(Friday, Feb. 13, 2004 -- CropChoice news) -- Associated Press, 02/12/04: MEXICO CITY- Mexico has become the first country to agree to loose U.S.-backed standards for labeling genetically modified grains, Mexican activists said Wednesday, a move they say endangers native corn varieties and violates Mexican law.
Mexico signed a tripartite agreement with the United States and Canada in late October which allows corn shipments with as much as five percent genetically-modified organisms into this country with a label that say only it "may contain" GMOs.
By contrast, the latest European Union proposal would set a maximum of .3 to .7 percent of genetically-modified content for foods.
Moreover, under Mexico's agreement, GMO contamination of corn shipments that occurred "accidentally" would not trigger any labeling requirement.
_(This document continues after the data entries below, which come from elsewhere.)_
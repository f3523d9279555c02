//! Instances that are made from a shape, a size and a seed, for teaching and for trials.
//!
//! [`make`] gives the same instance for the same three, on any machine.
#![tactic(auto)]

mod building;
mod lists;
mod making;
mod names;
mod shape;
mod shuffle;
mod sides;
pub mod witnesses;

pub use making::make;
pub use shape::Shape;
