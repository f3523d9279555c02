//! Instances of sides that are known to be sound.

ghost use Rattle.std.specs.Prelude.{◌≡◌, [], IfOk};
ghost use Rattle.sm_agents.specs.Vectors.{agents_of, written_from};
ghost use Rattle.sm_agents.specs.Sound.{IsInstance, ArePersons};
ghost use Rattle.sm_instance.specs.declared.inputs.Input.TheVariants.{Room};
ghost use Rattle.sm_make.specs.Made.{plain};

use sm_instance::{Agent, Input, Instance, Kind, Parts, Persons};
use sm_text::Digest;
use std::alloc::{AllocError, Global};

/// The instance of two sides, without weights and conditions. Nobody chose the names, so any hashes will do for them.
pub(crate) fn two(
    alloc: Global,
    kind: Kind,
    proposers: Vec<Agent>,
    reviewers: Vec<Agent>,
) -> Result<Input, AllocError>
    requires { IsInstance (written_from kind proposers.items reviewers.items [] [] []) }
    ensures { IfOk result (λ input. input ≡ plain kind (agents_of proposers.items)
        (agents_of reviewers.items)) }
{
    let parts = Parts::plain(
        alloc,
        kind,
        proposers,
        reviewers,
        Vec::new(alloc),
        Vec::new(alloc),
        Vec::new(alloc),
    )?;
    let instance = Instance::held(alloc, Digest::new().hash(), parts)?;
    Ok(Input::Two(instance))
}

/// The instance of these persons.
pub(crate) fn room(alloc: Global, persons: Vec<Agent>) -> Result<Input, AllocError>
    requires { ArePersons (agents_of persons.items) }
    ensures { IfOk result (λ input. input ≡ Room (agents_of persons.items)) }
{
    let persons = Persons::held(alloc, Digest::new().hash(), persons)?;
    Ok(Input::Room(persons))
}
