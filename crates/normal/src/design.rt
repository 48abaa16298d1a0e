// Design rows, of any predictors that are lent: a method of `Sample` would ask it for its sizes at each observation.
ghost use Rattle.std.specs.Prelude.{◌≡◌, ◌+◌, ◌*◌, ◌≤◌, length};
ghost use Rattle.normal.specs.Design.{predictors_of, design_row};

// The p predictors of observation j, which stand row by row in x.
pub fn predictors_of(x: &[f64], p: usize, j: usize) -> &[f64]
    requires { j * p + p ≤ length x.now }
    ensures { result.now ≡ predictors_of x.now p j }
{
    let at = j * p;
    &x[at..at + p]
}

// The design row of observation j: 1, and its p predictors.
pub fn design_row(x: &[f64], p: usize, j: usize) -> [f64; 8]
    requires { (j * p + p ≤ length x.now) × (p ≤ 7) }
    ensures { result ≡ design_row x.now p j }
{
    let own = predictors_of(x, p, j);
    let mut r = [0.0; 8];
    r[0] = 1.0;
    r[1..p + 1].copy_from_slice(own);
    r
}
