// The weighted normal equations, observation by observation. Weights have fixed room, since there is no heap: n of the 512 count.
// The predictors of an observation are a part of all of them: a type for at most seven would be made for each observation.
ghost use Rattle.std.specs.Prelude.{◌≡◌, ◌+◌, ◌≤◌, length};
ghost use Rattle.normal.specs.Design.{design_of};
ghost use Rattle.normal.specs.Equations.{add_row, observe, equations_of};

use crate::design::predictors_of;
use setup::Sample;

// The upper triangle of the matrix A, and the right-hand side.
#[derive(Clone, Copy)]
pub struct Equations {
    pub a: [[f64; 8]; 8],
    pub rhs: [f64; 8],
}

// Adds wx times predictor q to row[q + 1], for q from `from` on. The design row is read where its predictors stand.
#[tactic(auto, using(real::proofs::Fold::none, crate::proofs::DesignCells::own_next, real::proofs::Fold::done), unfolding(crate::specs::Equations::cell_step, crate::specs::Equations::add_row))]
fn add_row(row: &mut [f64; 8], wx: f64, own: &[f64], from: usize)
    requires { (length own.now ≤ 7) × (from ≤ length own.now) }
    ensures { row.new ≡ add_row wx (design_of own.now) (from + 1) (length own.now + 1) row.old }
{
    // An index (tried: of cells that a zip with `own` changes a proof knows nothing afterwards, and of an enumeration that skips it has
    // no number).
    for q in from..own.len() {
        row[q + 1] += wx * own[q];
    }
}

// The same of row 0, which has a cell for the 1 of the design row too.
#[tactic(auto, using(crate::proofs::DesignCells::row_front))]
fn add_first_row(row: &mut [f64; 8], wx: f64, own: &[f64])
    requires { length own.now ≤ 7 }
    ensures { row.new ≡ add_row wx (design_of own.now) 0 (length own.now + 1) row.old }
{
    row[0] += wx * 1.0;
    add_row(&mut *row, wx, own, 0);
}

// Adds an observation of weight w, response y and these predictors to the equations.
#[tactic(auto, using(real::proofs::Fold::none, crate::proofs::DesignCells::own_next, real::proofs::Fold::done, crate::proofs::DesignCells::observe_front), unfolding(crate::specs::Equations::observe_step, crate::specs::Equations::observe))]
fn observe(e: &mut Equations, w: f64, y: f64, own: &[f64])
    requires { length own.now ≤ 7 }
    ensures { e.new ≡ observe w (design_of own.now) y (length own.now + 1) e.old }
{
    // 000 multiplies by the 1 of the design row too.
    let first = w * 1.0;
    e.rhs[0] += first * y;
    add_first_row(&mut e.a[0], first, own);
    for (q, v) in own.iter().enumerate() {
        let wx = w * *v;
        e.rhs[q + 1] += wx * y;
        add_row(&mut e.a[q + 1], wx, own, q);
    }
}

// The weighted normal equations over observations in order, leaving out weight 0.
#[tactic(auto, using(real::proofs::Fold::none, crate::proofs::DesignCells::own_within, crate::proofs::DesignCells::observed, real::proofs::Fold::done), unfolding(crate::specs::Equations::normal_step, crate::specs::Equations::equations_of))]
pub fn equations_of(sample: &Sample<'_>, w: &[f64; 512]) -> Equations
    ensures { result ≡ equations_of sample.now.setup sample.now.columns w.now }
{
    let u = sample.setup();
    let x = sample.predictors();
    let y = sample.responses();
    let mut e = Equations {
        a: [[0.0; 8]; 8],
        rhs: [0.0; 8],
    };
    // An index: with no predictors (p = 0) `chunks_exact(p)` would panic, so they are found by j; weights and responses zipped and
    // numbered beside that would be no plainer. `sum_squares` of `evaluate` walks likewise; they share these lines alone.
    for j in 0..u.n {
        if w[j] == 0.0 {
            continue;
        }
        observe(&mut e, w[j], y[j], predictors_of(x, u.p, j));
    }
    e
}
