// The weighted normal equations of a local fit, and the matrix that 000's `invert_matrix` starts with.
#![tactic(auto)]

mod augmented;
mod design;
mod equations;

pub use augmented::augmented_matrix;
pub use design::{design_row, predictors_of};
pub use equations::{Equations, equations_of};
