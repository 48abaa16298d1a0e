// The augmented matrix [A | I], in fixed room, since there is no heap: m rows of it count, and 2 m cells of a row.
ghost use Rattle.std.specs.Prelude.{◌≡◌, ◌≤◌, ◌<◌};
ghost use Rattle.normal.specs.Augmented.{mirrored_cell, augmented_row, augmented_matrix};

// The cell of the symmetric matrix of which a is the upper triangle.
#[tactic(auto, unfolding(crate::specs::Augmented::mirrored_cell))]
fn mirrored_cell(a: &[[f64; 8]; 8], p: usize, q: usize) -> f64
    requires { (p < 8) × (q < 8) }
    ensures { result ≡ mirrored_cell a.now p q }
{
    if q < p { a[q][p] } else { a[p][q] }
}

// Row p of the augmented matrix: row p of the symmetric matrix, and the unit row.
#[tactic(auto, using(real::proofs::Fold::done), unfolding(crate::specs::Augmented::mirror_step, crate::specs::Augmented::augmented_row))]
fn augmented_row(a: &[[f64; 8]; 8], p: usize, m: usize) -> [f64; 16]
    requires { (p < m) × (m ≤ 8) }
    ensures { result ≡ augmented_row a.now m p }
{
    let mut r = [0.0; 16];
    // `array::from_fn` would ask of each of the 16 whether it counts.
    for (q, cell) in r[..m].iter_mut().enumerate() {
        *cell = mirrored_cell(a, p, q);
    }
    r[m + p] = 1.0;
    r
}

// The augmented matrix [A | I] of m rows.
#[tactic(auto, using(real::proofs::Fold::done), unfolding(crate::specs::Augmented::augment_step, crate::specs::Augmented::augmented_matrix))]
pub fn augmented_matrix(a: &[[f64; 8]; 8], m: usize) -> [[f64; 16]; 8]
    requires { m ≤ 8 }
    ensures { result ≡ augmented_matrix a.now m }
{
    let mut r = [[0.0; 16]; 8];
    // `array::from_fn` would ask of each of the 8 whether it counts.
    for (p, row) in r[..m].iter_mut().enumerate() {
        *row = augmented_row(a, p, m);
    }
    r
}
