//! The keys of an order.

ghost use Rattle.std.specs.Prelude.{IfOk, IfErr, ◌∷◌, ◌<◌, ◌≤◌, length};
ghost use Rattle.sparql_grammar_meaning.specs.Grammar.{Key_, Order_, a_key, keys};
ghost use Rattle.sparql_grammar_meaning.specs.declared.lexeme.Lexeme.TheVariants as lexeme;
ghost use Rattle.sparql_grammar_meaning.specs.declared.lexeme.Sign.TheVariants as signs;
ghost use Rattle.sparql_cursor.specs.Outcomes.{Gets, Stops};
ghost use Rattle.sparql_modifiers.specs.OrderSteps.{MayOrder, MayOrderStops};

use crate::next::after_direction;
use query_meaning::Key;
use sparql_cursor::{Refusal, after_sign, after_variable, key_ahead};
use sparql_grammar_meaning::{Lexeme, Sign};
use sqlite_items::Items;
use std::alloc::Global;

// A variable in brackets, behind `ASC` or `DESC`.
#[tactic(auto, using(crate::specs::OrderSteps::direction_paths))]
fn read_directed(down: bool, tokens: &[Lexeme]) -> Result<(Key, &[Lexeme]), Refusal>
    ensures reads { IfOk result (λ r. Gets Key_ (lexeme.Direction down ∷ tokens.now) (a_key r.0) r.1.now) }
    ensures shorter { IfOk result (λ r. length r.1.now < length tokens.now) }
    ensures refuses { IfErr result (λ e. Stops Key_ (lexeme.Direction down ∷ tokens.now) e) }
{
    let Some(inner) = after_sign(tokens, Sign::OpenBracket) else {
        return Err(Refusal::Syntax { left: tokens.len() })
    };
    let Some((var, rest)) = after_variable(inner) else {
        return Err(Refusal::Syntax { left: inner.len() })
    };
    match after_sign(rest, Sign::CloseBracket) {
        Some(rest) => Ok((Key { var, down }, rest)),
        None => Err(Refusal::Syntax { left: rest.len() }),
    }
}

#[tactic(auto, using(crate::specs::OrderSteps::key_paths))]
fn read_key(tokens: &[Lexeme]) -> Result<(Key, &[Lexeme]), Refusal>
    ensures reads { IfOk result (λ r. Gets Key_ tokens.now (a_key r.0) r.1.now) }
    ensures shorter { IfOk result (λ r. length r.1.now < length tokens.now) }
    ensures refuses { IfErr result (λ e. Stops Key_ tokens.now e) }
{
    if let Some((var, rest)) = after_variable(tokens) {
        return Ok((Key { var, down: false }, rest));
    }
    match after_direction(tokens) {
        Some((down, rest)) => read_directed(down, rest),
        None => Err(Refusal::Syntax { left: tokens.len() }),
    }
}

// What stands behind `ORDER`.
#[tactic(auto, using(crate::specs::OrderSteps::order_paths))]
fn read_order(alloc: Global, tokens: &[Lexeme]) -> Result<(Items<Key>, &[Lexeme]), Refusal>
    ensures reads { IfOk result (λ r. Gets Order_ (lexeme.Sign signs.Order ∷ tokens.now) (keys r.0) r.1.now) }
    ensures shorter { IfOk result (λ r. length r.1.now < length tokens.now) }
    ensures refuses { IfErr result (λ e. Stops Order_ (lexeme.Sign signs.Order ∷ tokens.now) e) }
{
    let Some(rest) = after_sign(tokens, Sign::By) else {
        return Err(Refusal::Syntax { left: tokens.len() })
    };
    let (first, mut rest) = match read_key(rest) {
        Ok((key, rest)) => (key, rest),
        Err(refusal) => return Err(refusal),
    };
    let mut keys = Items::new(alloc);
    keys.push(first)?;
    'keys: while key_ahead(rest) {
        match read_key(rest) {
            Ok((key, after)) => {
                keys.push(key)?;
                rest = after;
            }
            Err(refusal) => return Err(refusal),
        }
    }
    Ok((keys, rest))
}

/// Reads an order, if one begins here.
#[tactic(auto, using(crate::specs::OrderSteps::may_paths))]
pub fn read_may_order(alloc: Global, tokens: &[Lexeme]) -> Result<(Items<Key>, &[Lexeme]), Refusal>
    ensures reads { IfOk result (λ r. MayOrder tokens.now r.0 r.1.now) }
    ensures shorter { IfOk result (λ r. length r.1.now ≤ length tokens.now) }
    ensures refuses { IfErr result (λ e. MayOrderStops tokens.now e) }
{
    match after_sign(tokens, Sign::Order) {
        Some(rest) => {
            let (keys, rest) = read_order(alloc, rest)?;
            Ok((keys, rest))
        }
        None => Ok((Items::new(alloc), tokens)),
    }
}
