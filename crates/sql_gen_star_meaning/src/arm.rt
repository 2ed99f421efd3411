use query_meaning::VarId;
use sqlite_items::Items;

/// What is asked of a place of a star, by the ids of terms.
#[derive(Clone, Copy, Debug, PartialEq, Eq)]
pub enum Asked {
    /// This id; 0 is that of no term.
    Constant(u32),
    /// The id that a variable has before.
    Again(VarId),
    /// Any id, for a variable that is new.
    New(VarId),
    /// An id or none, for a variable that is new.
    Maybe(VarId),
}

/// An arm of a star: the id of its predicate, the columns in which the predicate may stand, counted from 0, and what is
/// asked of the arm's value.
#[derive(Debug, Drop)]
pub struct StarArm {
    pub pred: u32,
    pub columns: Items<u32>,
    pub asked: Asked,
}
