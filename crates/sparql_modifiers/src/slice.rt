//! Which solutions are kept.

ghost use Rattle.std.specs.Prelude.{IfOk, IfErr, ◌∷◌, ◌<◌, ◌≤◌, length};
ghost use Rattle.sparql_grammar_meaning.specs.Grammar.{Slice_, a_cut, cut_of};
ghost use Rattle.sparql_grammar_meaning.specs.declared.lexeme.Lexeme.TheVariants as lexeme;
ghost use Rattle.sparql_grammar_meaning.specs.declared.lexeme.Sign.TheVariants as signs;
ghost use Rattle.sparql_cursor.specs.Outcomes.{Gets, Stops};
ghost use Rattle.sparql_modifiers.specs.SliceSteps.{MaySlice, MaySliceStops};

use crate::next::after_count;
use sparql_cursor::{Refusal, after_sign};
use sparql_grammar_meaning::{Lexeme, Sign};

/// How many solutions are left out in front, and the greatest count of the others.
#[derive(Clone, Copy, Debug, PartialEq, Eq)]
pub struct Slice {
    pub skip: u64,
    pub most: Option<u64>,
}

// What stands behind a `LIMIT` that comes first.
#[tactic(auto, using(crate::specs::SliceSteps::limit_paths))]
fn read_limit(tokens: &[Lexeme]) -> Result<(Slice, &[Lexeme]), Refusal>
    ensures reads { IfOk result (λ r. Gets Slice_ (lexeme.Sign signs.Limit ∷ tokens.now) (a_cut (cut_of r.0.skip r.0.most)) r.1.now) }
    ensures shorter { IfOk result (λ r. length r.1.now < length tokens.now) }
    ensures refuses { IfErr result (λ e. Stops Slice_ (lexeme.Sign signs.Limit ∷ tokens.now) e) }
{
    let Some((_, most, rest)) = after_count(tokens) else {
        return Err(Refusal::Syntax { left: tokens.len() })
    };
    let most = Some(most);
    let Some(after) = after_sign(rest, Sign::Offset) else {
        return Ok((Slice { skip: 0, most }, rest))
    };
    match after_count(after) {
        Some((_, skip, rest)) => Ok((Slice { skip, most }, rest)),
        None => Err(Refusal::Syntax { left: after.len() }),
    }
}

// What stands behind an `OFFSET` that comes first.
#[tactic(auto, using(crate::specs::SliceSteps::offset_paths))]
fn read_offset(tokens: &[Lexeme]) -> Result<(Slice, &[Lexeme]), Refusal>
    ensures reads { IfOk result (λ r. Gets Slice_ (lexeme.Sign signs.Offset ∷ tokens.now) (a_cut (cut_of r.0.skip r.0.most)) r.1.now) }
    ensures shorter { IfOk result (λ r. length r.1.now < length tokens.now) }
    ensures refuses { IfErr result (λ e. Stops Slice_ (lexeme.Sign signs.Offset ∷ tokens.now) e) }
{
    let Some((_, skip, rest)) = after_count(tokens) else {
        return Err(Refusal::Syntax { left: tokens.len() })
    };
    let Some(after) = after_sign(rest, Sign::Limit) else {
        return Ok((Slice { skip, most: None }, rest))
    };
    match after_count(after) {
        Some((_, most, rest)) => Ok((
            Slice {
                skip,
                most: Some(most),
            },
            rest,
        )),
        None => Err(Refusal::Syntax { left: after.len() }),
    }
}

/// Reads a slice, if one begins here.
#[tactic(auto, using(crate::specs::SliceSteps::may_paths))]
pub fn read_may_slice(tokens: &[Lexeme]) -> Result<(Slice, &[Lexeme]), Refusal>
    ensures reads { IfOk result (λ r. MaySlice tokens.now (cut_of r.0.skip r.0.most) r.1.now) }
    ensures shorter { IfOk result (λ r. length r.1.now ≤ length tokens.now) }
    ensures refuses { IfErr result (λ e. MaySliceStops tokens.now e) }
{
    if let Some(rest) = after_sign(tokens, Sign::Limit) {
        let (slice, rest) = read_limit(rest)?;
        return Ok((slice, rest));
    }
    match after_sign(tokens, Sign::Offset) {
        Some(rest) => {
            let (slice, rest) = read_offset(rest)?;
            Ok((slice, rest))
        }
        None => Ok((
            Slice {
                skip: 0,
                most: None,
            },
            tokens,
        )),
    }
}
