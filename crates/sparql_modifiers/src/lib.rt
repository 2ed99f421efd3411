//! Readers of what stands behind the group of a query: its order and its slice.
#![tactic(auto)]

mod next;
mod order;
mod slice;

pub use order::read_may_order;
pub use slice::{Slice, read_may_slice};
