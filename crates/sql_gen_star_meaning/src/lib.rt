//! The SELECTs of a star: one step that reads the primary table, and one step for each arm; what is asked of each
//! place, and the partial solutions that these steps hold, by the ids of their terms.
#![tactic(auto)]

mod arm;

pub use arm::{Asked, StarArm};
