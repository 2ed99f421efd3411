//! What stands in front.

ghost use Rattle.std.specs.Prelude.{MatchOption, ◌∷◌, ◌≡◌};
ghost use Rattle.sparql_grammar_meaning.specs.Grammar.{direction, count};
ghost use Rattle.sparql_grammar_meaning.specs.declared.lexeme.Lexeme.TheVariants as lexeme;
ghost use Rattle.sparql_cursor.specs.Outcomes.{IsNot};

use rdf_meaning::Term;
use sparql_cursor::next;
use sparql_grammar_meaning::Lexeme;

pub(crate) fn after_direction(tokens: &[Lexeme]) -> Option<(bool, &[Lexeme])>
    ensures { MatchOption result (IsNot direction tokens.now) (λ r. tokens.now ≡ lexeme.Direction r.0 ∷ r.1.now) }
{
    match next(tokens) {
        Some((Lexeme::Direction(down), rest)) => Some((*down, rest)),
        _ => None,
    }
}

/// A count's term and number, and the tokens behind it.
pub(crate) fn after_count(tokens: &[Lexeme]) -> Option<(&Term, u64, &[Lexeme])>
    ensures { MatchOption result (IsNot count tokens.now) (λ r. tokens.now ≡ lexeme.Count r.0.now r.1 ∷ r.2.now) }
{
    match next(tokens) {
        Some((Lexeme::Count(term, n), rest)) => Some((term, *n, rest)),
        _ => None,
    }
}
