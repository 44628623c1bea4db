//! A feeder whose worker sleeps: each job wakes it, and it takes no processor until then.
//!
//! First the feeder sends a job every twenty milliseconds. Then it sends thousands, each so soon after the worker has taken the one
//! before that the worker is about to go to sleep. The worker's thread is not joined, so the program also ends where it sleeps for ever.
mod feeder;
mod seen;
mod trial;
mod worker;

use feeder::Pace;
use std::io;
use std::sync::Wait;
use std::thread::Threads;
use std::time::Clock;
use trial::{Trial, try_pace};

fn print_trial(rt: &HostRuntime, name: &str, trial: &Trial) -> io::Result<()> {
    println!(rt;
        "{name}: {} of {} taken in time, each waking by a job: {}",
        trial.in_time, trial.jobs, trial.is_woken_by_jobs
    )
}

/// Tries both paces.
pub(crate) fn wake_all<R: Threads + Wait + Clock + Copy + Send + 'static>(
    rt: &HostRuntime,
    threads: R,
) -> io::Result<()> {
    let slow = try_pace(threads, rt.alloc(), 25, Pace::Slow)?;
    print_trial(rt, "slow jobs", &slow)?;
    let quick = try_pace(threads, rt.alloc(), 10_000, Pace::Quick)?;
    print_trial(rt, "quick jobs", &quick)
}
Any labeling required would only be seen by distributors, with no requirement that consumers be told about any GMO content.
"Many countries around the world have rejected this labeling standard," said Alejandro Calvillo, of Greenpeace Mexico. "Why has Mexico, the country where corn originated and therefore one that should be especially cautious, accepted it?"
"This is precisely the kind of weak standards that the big biotech companies have been pushing for," Calvillo told reporters.
Mexico's Agriculture Department and U.S. embassy officials were not available to comment on the alleged agreement, which has not been published or released, but which supposedly went into effect Oct. 29.
The agreement was signed without the approval of Mexico's Senate, according to Gustavo Alanis of the Mexican Center for Environmental Law, who said the country's Constitution "requires these pacts to be approved by the Senate."
Mexican farmers and activists fear that imported GMO corn, normally imported as feed for cattle, is being planted as crops by some people in Mexico and could contaminate or displace native corn varieties.
Corn was first domesticated in Mexico some 4,000 to 5,000 years ago, and many of its ancestors plants and noncommercial varieties still survive here, providing a valuable gene pool.
U.S. officials say there is no evidence of such contamination, and that strict labeling standards are unnecessary.
Greenpeace activist Liza Covantes said Mexico signed the agreement in order to curry favor with the administration of U.S. President George W. Bush, and to sabotage ongoing multilateral talks on a stricter biosafety treaty.
She said the United States wants to sign as many bilateral GMO accords as possible before labeling standards are decided under the biosafety treaty adopted in Cartagena, Colombia in January 2000.
The agreement was also signed before the NAFTA Commission on Environmental Cooperation completed its report on possible contamination of native corn varieties by altered genes. A draft of that report is to be made public in March.
"This agreement was aimed at showing obedience to the Bush administration," Covantes said.